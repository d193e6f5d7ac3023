ghost use Rattle.std.specs.Prelude.{◌≡◌, ℕ, List};
ghost use Rattle.std.specs.declared.option.Option.{Option};
ghost use Rattle.ots_base.specs.Cause.{HasCause};
ghost use Rattle.ots_outside.specs.Accepter.{Accepts, GivesBack, IfAccepted, accepted_after};
ghost use Rattle.ots_outside.specs.Link.{IsFresh};

use crate::{Failed, Link};

/// A place where connections come in, as a listening socket.
///
/// Nothing here lets code that is generic over an accepter drop a link, so it gives each one back.
pub trait Accepter {
    /// A connection.
    type Link: Link + Send;

    /// The links to come, where they are told.
    ghost coming: { Self → Option (List Self.Link) };

    /// The links that were given back, in order, where they are told.
    ghost returned: { Self → Option (List Self.Link) };

    /// How many links `accept` has answered. At 2^64 - 1 the count stays.
    ghost accepted: { Self → ℕ };

    /// How often a call has failed. At 2^64 - 1 the count stays.
    ghost faults: { Self → ℕ };

    /// Begins to listen on this port. All that is told stays.
    fn listen(&mut self, port: u16) -> Result<(), Failed>
        ensures coming { coming self.new ≡ coming self.old }
        ensures returned { returned self.new ≡ returned self.old }
        ensures accepted { accepted self.new ≡ accepted self.old }
        ensures cause { HasCause (faults self.old) (faults self.new) result };

    /// The first of the links to come, which has given and taken nothing and counts no fault.
    /// `None` is answered exactly where the told list of them is empty, so an accepter that tells
    /// none never answers it.
    fn accept(&mut self) -> Result<Option<Self::Link>, Failed>
        ensures accepts { Accepts (coming self.old) (coming self.new) result }
        ensures fresh { IfAccepted result (λ link. IsFresh (Self.Link.told link) (Self.Link.faults link)) }
        ensures returned { returned self.new ≡ returned self.old }
        ensures accepted { accepted self.new ≡ accepted_after (accepted self.old) result }
        ensures cause { HasCause (faults self.old) (faults self.new) result };

    /// Gives a link back, whose conversation is done. It can't fail. An accepter whose room for them
    /// has ended stops telling which links were given back.
    fn give_back(&mut self, link: Self::Link)
        ensures returned { GivesBack (returned self.old) link (returned self.new) }
        ensures coming { coming self.new ≡ coming self.old }
        ensures accepted { accepted self.new ≡ accepted self.old }
        ensures faults { faults self.new ≡ faults self.old };

    /// How many links `accept` has answered.
    fn accepted(&self) -> u64
        ensures { result ≡ accepted self.now };
}
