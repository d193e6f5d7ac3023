// A run of the gateway over objects in memory.
use crate::call::call;
use crate::links::{Links, accepter_of, links_after};
use crate::on::On;
use ots_base::OutOfMemory;
use ots_io::{Accepter, BytesSink, Dialer, DialerRoom, ListNonces, ScriptDialer, SentTo};
use std::alloc::Global;
use std::sync::Wait;

/// A conversation for each calendar of each round.
const CONVERSATIONS: DialerRoom = DialerRoom {
    conversations: 64,
    host_length: 64,
    bytes: 1024,
};

/// How many bytes may be printed.
const TEXT: usize = 16_384;

/// What was sent in a conversation, and to whom.
#[derive(Drop)]
pub struct Sent {
    pub host: String,
    pub port: u16,
    pub bytes: Vec<u8>,
}

/// How a run ended: its status, what it printed, what came of its links, and what it sent.
#[derive(Drop)]
pub struct Ended {
    pub status: u8,
    pub text: Vec<u8>,
    pub links: Links,
    pub sent: Vec<Sent>,
}

impl Ended {
    /// What the link at this place `took`, among those that were given back, or what was `sent` in the conversation
    /// there.
    pub fn bytes(&self, word: &str, place: usize) -> Option<&[u8]> {
        match word {
            "took" => Some(self.links.taken.get(place)?.as_slice()),
            _ => Some(self.sent.get(place)?.bytes.as_slice()),
        }
    }
}

/// A run of these words on that. Each object in memory is made in a function of its own, over any others, so that no
/// function is proved with the clauses of two of them at hand.
pub fn run_on<R: Wait>(
    rt: &R,
    alloc: Global,
    words: &[String],
    on: &On,
) -> Result<Ended, OutOfMemory> {
    let mut accepter = accepter_of(alloc, on)?;
    let (status, text, sent) = run_accepting(rt, alloc, words, on, &mut accepter)?;
    Ok(Ended {
        status,
        text,
        links: links_after(alloc, &accepter)?,
        sent,
    })
}

/// The number and the text of a run over any accepter, and what it sent.
fn run_accepting<A: Accepter, R: Wait>(
    rt: &R,
    alloc: Global,
    words: &[String],
    on: &On,
    accepter: &mut A,
) -> Result<(u8, Vec<u8>, Vec<Sent>), OutOfMemory> {
    let mut dialer = dialer_of(alloc, on)?;
    let (status, text) = run_asking(rt, alloc, words, on, accepter, &mut dialer)?;
    Ok((status, text, sent_by(alloc, &dialer)?))
}

/// The number and the text of a run over any accepter and dialer.
fn run_asking<A: Accepter, T: Dialer, R: Wait>(
    rt: &R,
    alloc: Global,
    words: &[String],
    on: &On,
    accepter: &mut A,
    dialer: &mut T,
) -> Result<(u8, Vec<u8>), OutOfMemory> {
    let mut nonces = ListNonces::new(alloc, &on.nonces, &on.failing.nonces)?;
    let mut out = BytesSink::new(alloc, TEXT, &on.failing.sink)?;
    let status = call(rt, alloc, words, accepter, dialer, &mut nonces, &mut out);
    Ok((status, out.bytes().to_vec(alloc)?))
}

/// The dialer of a run.
fn dialer_of(alloc: Global, on: &On) -> Result<ScriptDialer, OutOfMemory> {
    let mut replies = Vec::new(alloc);
    for reply in &on.replies {
        replies.push(reply.as_slice())?;
    }
    ScriptDialer::new(alloc, &replies, CONVERSATIONS, &on.failing.dialer)
}

/// What was sent in each conversation.
fn sent_by(alloc: Global, dialer: &ScriptDialer) -> Result<Vec<Sent>, OutOfMemory> {
    let mut all = Vec::new(alloc);
    for place in 0..CONVERSATIONS.conversations as usize {
        if let Some(sent) = dialer.sent(place) {
            all.push(copy_of(alloc, sent)?)?;
        }
    }
    Ok(all)
}

/// A copy of what was sent.
fn copy_of(alloc: Global, sent: SentTo<'_>) -> Result<Sent, OutOfMemory> {
    Ok(Sent {
        host: sent.host.to_string(alloc)?,
        port: sent.port,
        bytes: sent.bytes.to_vec(alloc)?,
    })
}
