//! What the program `otsmirror` does: it makes the real objects, calls `run_mirror`, and ends with its
//! status's number. The program over it is one line.
#![tactic(auto)]

use ots_file::{FileDisk, SystemFile};
use ots_io::{StdSink, TcpDialer};
use ots_mirror::{MirrorStatus, run_mirror};
use ots_program_words::{first_word, read_words};
use ots_standard_streams::{StandardOutput, StandardStreams};
use std::alloc::{AllocError, Global};
use std::io;
use std::process::ExitCode;

/// Runs the mirror on the words after the program's name, and answers the number of its status as an
/// exit code.
pub fn run_program(rt: &HostRuntime) -> ExitCode {
    let status = match read_words(rt, rt.alloc()) {
        Ok(words) => run_words(rt, rt.alloc(), &words),
        Err(AllocError) => MirrorStatus::OutOfMemory,
    };
    ExitCode::from(status.number())
}

/// Runs the mirror on these words, over the file that the first of them names, standard output and
/// sockets to the calendar. `WriteFault` also where the standard descriptors can't be kept from the
/// file and the sockets: then nothing is done.
pub fn run_words(rt: &HostRuntime, alloc: Global, words: &[String]) -> MirrorStatus {
    match StandardStreams::keep(rt) {
        Ok(_streams) => run(rt, alloc, words).unwrap_or(MirrorStatus::OutOfMemory),
        Err(_) => MirrorStatus::WriteFault,
    }
}

/// Runs the mirror over the real objects.
fn run(rt: &HostRuntime, alloc: Global, words: &[String]) -> Result<MirrorStatus, AllocError> {
    let disk = FileDisk::new(SystemFile::new(rt, first_word(alloc, words)?));
    let mut out = StdSink::new(StandardOutput::new(rt, io::writer(rt)));
    let mut dialer = TcpDialer::new(rt, alloc);
    let (status, _disk) = run_mirror(alloc, words, disk, &mut out, &mut dialer);
    Ok(status)
}
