ghost use Rattle.std.specs.Prelude.{◌≡◌, IsTrue};
ghost use Rattle.std.proofs.Common.{◌∙◌, refl};
ghost use Rattle.ots_outside.specs.Shelf.{is_writing, OnlyWriting, OnlyWriting-refl, OnlyWriting-trans};
ghost use Rattle.ots_outside.specs.Written.{slot_bytes, SameButSlotBytes, SameButSlotBytes-refl};
ghost use Rattle.ots_outside.specs.Written.{SameButSlotBytes-trans};

use crate::{Failed, Shelf, Sink, Slot};

/// A created slot of a borrowed shelf, written as a sink.
///
/// A later value is `same` as an earlier one where it borrows the same shelf for the same slot, and
/// all that the shelf tells, but for the bytes of this slot's name, is as it was; no
/// fault was counted but of writing. So once the loan has ended, the caller knows
/// the whole shelf again.
#[derive(Drop)]
pub struct SlotSink<'a, S: Shelf> {
    /// The shelf.
    pub shelf: &'a mut S,
    /// The slot, which was created and not closed.
    pub slot: Slot,
    ghost is_open: { IsTrue (is_writing ((S.told shelf.now).slots slot.0)) },
}

impl<'a, S: Shelf> SlotSink<'a, S> {
    /// A sink that writes to the name of the slot.
    pub fn new(shelf: &'a mut S, slot: Slot) -> SlotSink<'a, S>
        requires { IsTrue (is_writing ((S.told shelf.old).slots slot.0)) }
        ensures same_reference { result.shelf.ghost_name ≡ shelf.entry.ghost_name }
        ensures shelf { result.shelf.now ≡ shelf.old }
        ensures slot { result.slot ≡ slot }
    {
        SlotSink { shelf, slot }
    }
}

impl<S: Shelf> Sink for SlotSink<'_, S> {
    ghost taken = { λ s. slot_bytes (S.told s.shelf.now) s.slot.0 };

    ghost faults = { λ s. (S.faults s.shelf.now).writing };

    ghost same = { λ s t. (t.shelf.ghost_name ≡ s.shelf.ghost_name) × (t.slot.0 ≡ s.slot.0)
        × OnlyWriting (S.faults s.shelf.now) (S.faults t.shelf.now)
        × SameButSlotBytes s.slot.0 (S.told s.shelf.now) (S.told t.shelf.now) };

    ghost same_refl = { λ s. (
      refl,
      refl,
      OnlyWriting-refl (S.faults s.shelf.now),
      SameButSlotBytes-refl s.slot.0
          (S.told s.shelf.now),
    ) };

    ghost same_trans = { λ s t u p q. (
      q.0 ∙ p.0,
      q.1 ∙ p.1,
      OnlyWriting-trans (S.faults s.shelf.now) (S.faults t.shelf.now) (S.faults u.shelf.now) p.2 q.2,
      SameButSlotBytes-trans s.slot.0 t.slot.0 (S.told s.shelf.now) (S.told t.shelf.now) (S.told u.shelf.now) p.1 p.3
          q.3,
    ) };

    fn write(&mut self, piece: &[u8]) -> Result<usize, Failed> {
        self.shelf.write(self.slot, piece)
    }
}
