ghost use Rattle.std.specs.Prelude.{◌≡◌, ℕ, Some, is_some};
ghost use Rattle.std.specs.declared.option.Option.{Option};
ghost use Rattle.ots_base.specs.Told.{IfTold};

/// A clock of Unix seconds. It doesn't fail. One that tells nothing never begins to tell, and one
/// that tells never stops.
pub trait Clock {
    /// The second to come, where it is told.
    ghost coming: { Self → Option ℕ };

    /// The Unix second.
    fn second(&mut self) -> u64
        ensures second { IfTold (coming self.old) (λ second. result ≡ second) }
        ensures told { is_some (coming self.new) ≡ is_some (coming self.old) };
}

/// A clock that stands, as that of one connection, whose second is the one at which it was accepted.
#[derive(Clone, Copy, Debug, Drop, PartialEq, Eq)]
pub struct FixedClock {
    /// The second at which it stands.
    pub second: u64,
}

impl Clock for FixedClock {
    ghost coming = { λ clock. Some clock.second };

    fn second(&mut self) -> u64
        ensures second { result ≡ self.old.second }
        ensures told { is_some (Some self.new.second) ≡ is_some (Some self.old.second) }
        ensures stands { self.new ≡ self.old }
    {
        self.second
    }
}
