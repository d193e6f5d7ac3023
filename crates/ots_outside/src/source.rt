ghost use Rattle.std.specs.Prelude.{ℕ, List};
ghost use Rattle.std.specs.declared.option.Option.{Option};
ghost use Rattle.std.specs.Io.{ReadsAtMost};
ghost use Rattle.ots_base.specs.Cause.{HasCause};
ghost use Rattle.ots_outside.specs.Streams.{Reads};

use crate::Failed;

/// Bytes that are read once, from their start.
///
/// The input of a source is what its reads give up to the first 0, however they are cut. A source
/// that tells nothing never begins to tell, and one that tells never stops.
pub trait Source {
    /// The bytes left, where they are told.
    ghost left: { Self → Option (List ℕ) };

    /// How often a read has failed. At 2^64 - 1 the count stays.
    ghost faults: { Self → ℕ };

    /// What stays of an earlier value in a later one. Every read keeps it.
    ghost same: { Self → Self → Type 0 };

    /// `Ok(n)` puts the next n bytes at the start of `buf`. For a `buf` that isn't empty, 0 is the
    /// end of input, after which a caller asks no further. `Failed` comes only where the count of
    /// faults rose, and leaves the bytes left as they were.
    fn read(&mut self, buf: &mut [u8]) -> Result<usize, Failed>
        ensures bound { ReadsAtMost result buf.new }
        ensures bytes { Reads (left self.old) (left self.new) result buf.new }
        ensures cause { HasCause (faults self.old) (faults self.new) result }
        ensures same { same self.old self.new };

    ghost same_refl: { (s : Self) → same s s };

    ghost same_trans: { (s t u : Self) → same s t → same t u → same s u };
}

Aim of the exercise: There is a line with "standard output and" and a line with "words: &[String]) -> MirrorStatus" above. Copy exactly those two lines and all lines between them, with nothing else.

Answer below:
/// Runs the mirror on these words, over the file that the first of them names, standard output and
/// sockets to the calendar. `WriteFault` also where the standard descriptors can't be kept from the
/// file and the sockets: then nothing is done.
pub fn run_words(rt: &HostRuntime, alloc: Global, words: &[String]) -> MirrorStatus {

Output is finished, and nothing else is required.